Aberdeen cornhole league draws interest


ABERDEEN (AP) – The thump as bags land on cornhole boards, one after another.

The occasional silence as a bag is tossed perfectly in the hole — like a basketball going smoothly through the net, but without the swish.

A bag in the hole gets three points, a bag on the board gets one point. Either of those can be canceled out by the other team's bags. The first team to 21 wins the game.

Players show up early, get in a few practice rounds and pay their $5 buy-in. Then teams are drawn.

When the Aberdeen Cornhole League started, there were set teams. But Wednesday league nights got less enjoyable when the same people continuously won, said Tim Rogers, league organizer.

The number of people who show up determines the structure of play for the night. If there are 20 or fewer players, two-person teams are formed for round-robin style of play. The team with the best record at night's end gets bragging rights. If there are more than 20 players, it's a double-elimination tournament, Rogers said. There's a 100 percent payout at the end of the night, funded by buy-ins.

For the most part, the league follows the rules of the American Cornhole Association, the Aberdeen American News reported.

The boards are places on faux grass exactly 27 feet apart.

A flip of a coin lets the winners decide either on which side of the board they wish to stand or which team tosses first.

A team will only throw first until points are scored. Whichever team scores tosses first in the next round.

The first squad to 21 wins, and it doesn't matter if a team goes over.

"I'd rather put one in the hole than on the board," Rogers said.

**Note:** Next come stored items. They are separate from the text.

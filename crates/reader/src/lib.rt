// Rule files read: one pass over the records, each refused or taken into the head record and the edge table.
#![tactic(auto)]

ghost use Rattle.std.specs.Prelude.{◌≡◌};
ghost use Rattle.model.specs.Faults.{reading_in};
ghost use Rattle.model.specs.Rules.{Rule};
ghost use Rattle.model.specs.Promises.{ReadsRule};
ghost use Rattle.reader.specs.State.{State, Finishes, Cleared, ReadsRecords};

pub mod bytes;
pub mod cursor;
pub mod edge;
pub mod locations;
pub mod record;

use crate::cursor::{Cursor, read_record};
use edges::StoredRule;
use model::{EDGE_NEED, Fault, Head, MOST_PAIRS, Refused};

// At the end of the file: 3 where no sizes were read, 8 where N is over 65,536.
pub(crate) fn finish(cursor: Option<Cursor>, edges: &[u16]) -> Result<Head, Fault>
    ensures { (r : Rule) → State r cursor edges.now → Finishes r result }
{
    let Some(cursor) = cursor else {
        return Err(Fault::OutOfOrder);
    };
    let head = cursor.head();
    if MOST_PAIRS < (StoredRule { head, edges }).pairs() {
        return Err(Fault::TooManyPairs);
    }
    Ok(head)
}

// All records, into a table of zeros: 1 to 8, at the place of the record or at the end of the file.
pub(crate) fn read_records(file: &[u8], edges: &mut [u16]) -> Result<Head, Refused>
    requires { Cleared edges.old }
    ensures { ReadsRecords file.now edges.old edges.new result }
{
    let mut cursor = None;
    let mut rest = file;
    // No range: each record says how long it is.
    while !rest.is_empty() {
        let place = file.len() - rest.len();
        let (next, after) = read_record(cursor, rest, edges).map_err(|fault| Refused {
            fault,
            place,
        })?;
        cursor = Some(next);
        rest = after;
    }
    let place = file.len();
    finish(cursor, edges).map_err(|fault| Refused { fault, place })
}

// 20, with the table untouched; else 1 to 8 with a table of zeros, or the rule.
pub fn read_rule(file: &[u8], edges: &mut [u16]) -> Result<Head, Refused>
    ensures { ReadsRule file.now edges.old edges.new (reading_in result) }
{
    if edges.len() < EDGE_NEED {
        return Err(Fault::ShortEdges.into());
    }
    edges.fill(0);
    let outcome = read_records(file, edges);
    if outcome.is_err() {
        edges.fill(0);
    }
    outcome
}
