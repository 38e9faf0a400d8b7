// What a rule's locations have to keep: the sizes in their ranges, and locations that rise.
ghost use Rattle.std.specs.Prelude.{◌^◌, ◌≤◌, ◌<◌, MatchResult};
ghost use Rattle.model.specs.Rules.{most_locations};
ghost use Rattle.reader.specs.Records.{LocationTaken, LocationRefused};

use model::Fault;

// The initial or the final locations so far, as a mask, and the least location that may come next.
#[derive(Clone, Copy)]
pub(crate) struct Locations {
    pub(crate) mask: u32,
    pub(crate) least: u32,
    ghost below: { mask < 2 ^ least },
}

impl Locations {
    pub(crate) const NONE: Locations = Locations { mask: 0, least: 0 };

    // One location more, of a rule that has `count`: 3 where it does not rise, 6 where the rule has no such location.
    pub(crate) fn with(self, location: u32, count: u32) -> Result<Locations, Fault>
        requires { count ≤ most_locations }
        ensures { MatchResult result (λ d. LocationTaken self.mask self.least location count d.mask d.least)
            (λ f. LocationRefused self.least location count f) }
    {
        if location < self.least {
            return Err(Fault::OutOfOrder);
        }
        if count <= location {
            return Err(Fault::OutOfRange);
        }
        Ok(Locations {
            mask: self.mask + (1 << location),
            least: location + 1,
        })
    }
}

// The sizes of a rule, in their ranges.
#[derive(Clone, Copy)]
pub(crate) struct Sizes {
    pub(crate) locations: u32,
    pub(crate) symbols: u32,
    pub(crate) clocks: u32,
    ghost few: { locations ≤ most_locations },
}
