// A reading under way: what the records so far hold, and one record more.
ghost use Rattle.std.specs.Prelude.{◌≡◌, List, ℕ, ◌^◌, ◌≤◌, ◌<◌, length, MatchResult};
ghost use Rattle.model.specs.Rules.{Rule, most_locations, plain_edge};
ghost use Rattle.model.specs.Layout.{edge_need};
ghost use Rattle.reader.specs.Records.{kind_number};
ghost use Rattle.reader.specs.State.{head_in, last_in, State, TakenIs, GoesOn, Stops};

use crate::edge::store_edge;
use crate::locations::{Locations, Sizes};
use crate::record::{Kind, Record};
use checks::check_edge;
use edges::{StoredEdge, sizes_ok};
use model::{EDGE_WIDTH, Fault, Head, MOST_CONSTANT, MOST_EDGES};

// The sizes, which come first, the locations and the edge count so far, and the kind of the record before.
#[derive(Clone, Copy)]
pub(crate) struct Cursor {
    last: Kind,
    sizes: Sizes,
    initial: Locations,
    finals: Locations,
    count: u32,
}

impl Cursor {
    // The head record so far.
    pub(crate) fn head(self) -> Head
        ensures { result ≡ head_in self }
    {
        Head {
            locations: self.sizes.locations,
            symbols: self.sizes.symbols,
            clocks: self.sizes.clocks,
            starts: self.initial.mask,
            ends: self.finals.mask,
            count: self.count,
        }
    }

    // The first record, the sizes: 3 where it is another, 5 where L, S or K is outside its range.
    pub(crate) fn first(record: Record<'_>) -> Result<Cursor, Fault>
        ensures { (r : Rule) (t : List ℕ) → State r None t → TakenIs 0 r «record».entry t result }
    {
        if record.kind != Kind::Sizes {
            return Err(Fault::OutOfOrder);
        }
        let locations = record.number(0);
        let symbols = record.number(1);
        let clocks = record.number(2);
        if !sizes_ok(
            usize::from(locations),
            usize::from(symbols),
            usize::from(clocks),
        ) {
            return Err(Fault::BadSizes);
        }
        Ok(Cursor {
            last: Kind::Sizes,
            sizes: Sizes {
                locations: u32::from(locations),
                symbols: u32::from(symbols),
                clocks: u32::from(clocks),
            },
            initial: Locations::NONE,
            finals: Locations::NONE,
            count: 0,
        })
    }

    // An edge, stored at its place in the table and checked there: 4 for edge 257, 6 and 7.
    // The table's length is a clause here and below: a struct around a lent slice would be no plainer for one fact.
    pub(crate) fn with_edge(self, record: Record<'_>, edges: &mut [u16]) -> Result<Cursor, Fault>
        requires is_edge { plain_edge ≤ kind_number «record».kind }
        requires long { edge_need ≤ length edges.old }
        ensures { (r : Rule) → State r (Some self) edges.old → kind_number self.last ≤ kind_number «record».entry.kind
            → TakenIs (kind_number self.last) r «record».entry edges.new result }
    {
        let count = self.count as usize;
        if MOST_EDGES <= count {
            return Err(Fault::EdgeTooMany);
        }
        let first = EDGE_WIDTH * count;
        let place = &mut edges[first..first + EDGE_WIDTH];
        store_edge(record, place);
        check_edge(
            self.head(),
            StoredEdge {
                table: place,
                number: 0,
            },
        )?;
        Ok(Cursor {
            last: record.kind,
            count: self.count + 1,
            ..self
        })
    }

    // A record past the first: 3 where its kind falls, or the sizes or a ceiling come again, then what its kind asks.
    // A ceiling is dropped.
    pub(crate) fn next(self, record: Record<'_>, edges: &mut [u16]) -> Result<Cursor, Fault>
        requires { edge_need ≤ length edges.old }
        ensures { (r : Rule) → State r (Some self) edges.old
            → TakenIs (kind_number self.last) r «record».entry edges.new result }
    {
        let last = record.kind;
        if last < self.last {
            return Err(Fault::OutOfOrder);
        }
        match last {
            Kind::Sizes => Err(Fault::OutOfOrder),
            Kind::Initial => {
                let initial = self
                    .initial
                    .with(u32::from(record.number(0)), self.sizes.locations)?;
                Ok(Cursor {
                    last,
                    initial,
                    ..self
                })
            }
            Kind::Final => {
                let finals = self
                    .finals
                    .with(u32::from(record.number(0)), self.sizes.locations)?;
                Ok(Cursor {
                    last,
                    finals,
                    ..self
                })
            }
            Kind::Ceiling => {
                if self.last == Kind::Ceiling {
                    return Err(Fault::OutOfOrder);
                }
                if MOST_CONSTANT < usize::from(record.number(0)) {
                    return Err(Fault::OutOfRange);
                }
                Ok(Cursor { last, ..self })
            }
            Kind::Plain | Kind::Grouped => self.with_edge(record, edges),
        }
    }
}

// The record at the front of the bytes left, taken, and the bytes after it.
pub(crate) fn read_record<'a>(
    cursor: Option<Cursor>,
    bytes: &'a [u8],
    edges: &mut [u16],
) -> Result<(Cursor, &'a [u8]), Fault>
    requires { edge_need ≤ length edges.old }
    ensures { (r : Rule) → State r cursor edges.old
        → MatchResult result (λ p. GoesOn bytes.now (last_in cursor) r edges.new p.0 p.1.now)
        (λ f. Stops bytes.now (last_in cursor) r f) }
{
    let (record, after) = Record::split_off(bytes)?;
    let next = match cursor {
        None => Cursor::first(record)?,
        Some(cursor) => cursor.next(record, edges)?,
    };
    Ok((next, after))
}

In some games, going over 21 points sends a team back to 11. But resetting just adds time to the games, and time is limited on league night, Rogers said.

It's all in good fun.

For the most part, anyhow.

Most games are coupled with some laughter, some groans and very little smack talk.

When it comes to winning, it's not about being good.

"I don't know how much talent is involved. It's more muscle memory," Rogers said.

Most players stand firmly with their inside foot next to the edge of the board, careful to not cross an imaginary line. The outside leg gives a soft kick as the bag in hand releases with a flick of the wrist. Most bags gently spin as the fly toward the board.

In. In. In. In. The players' bags land in the hole, matching point for point, canceling out potential points.

That's where strategy comes in.

"You can play defensively," Rogers said. "But it's hard to do."

One side of a cornhole bag is rough, made to stick where it lands. The other is slick, made to slide. Players can stack bags in front of the hole, or throw to push bags already on the board in.

Or they can try to avoid any barrier bags and aim straight for the hole — "airmail," it's called.

The league plays year-round. It recently moved league nights to the Yelduz Shrine Center. It started at the Eagles Club, which is now closed.

Games are played outside during the summer, at various sponsors. Their logos can be found on the boards.

The popularity of cornhole is crazy, Rogers said.

"It wouldn't be too far off to say that it'd be in the Olympics one day," he said.

The sport is already on ESPN on occasion.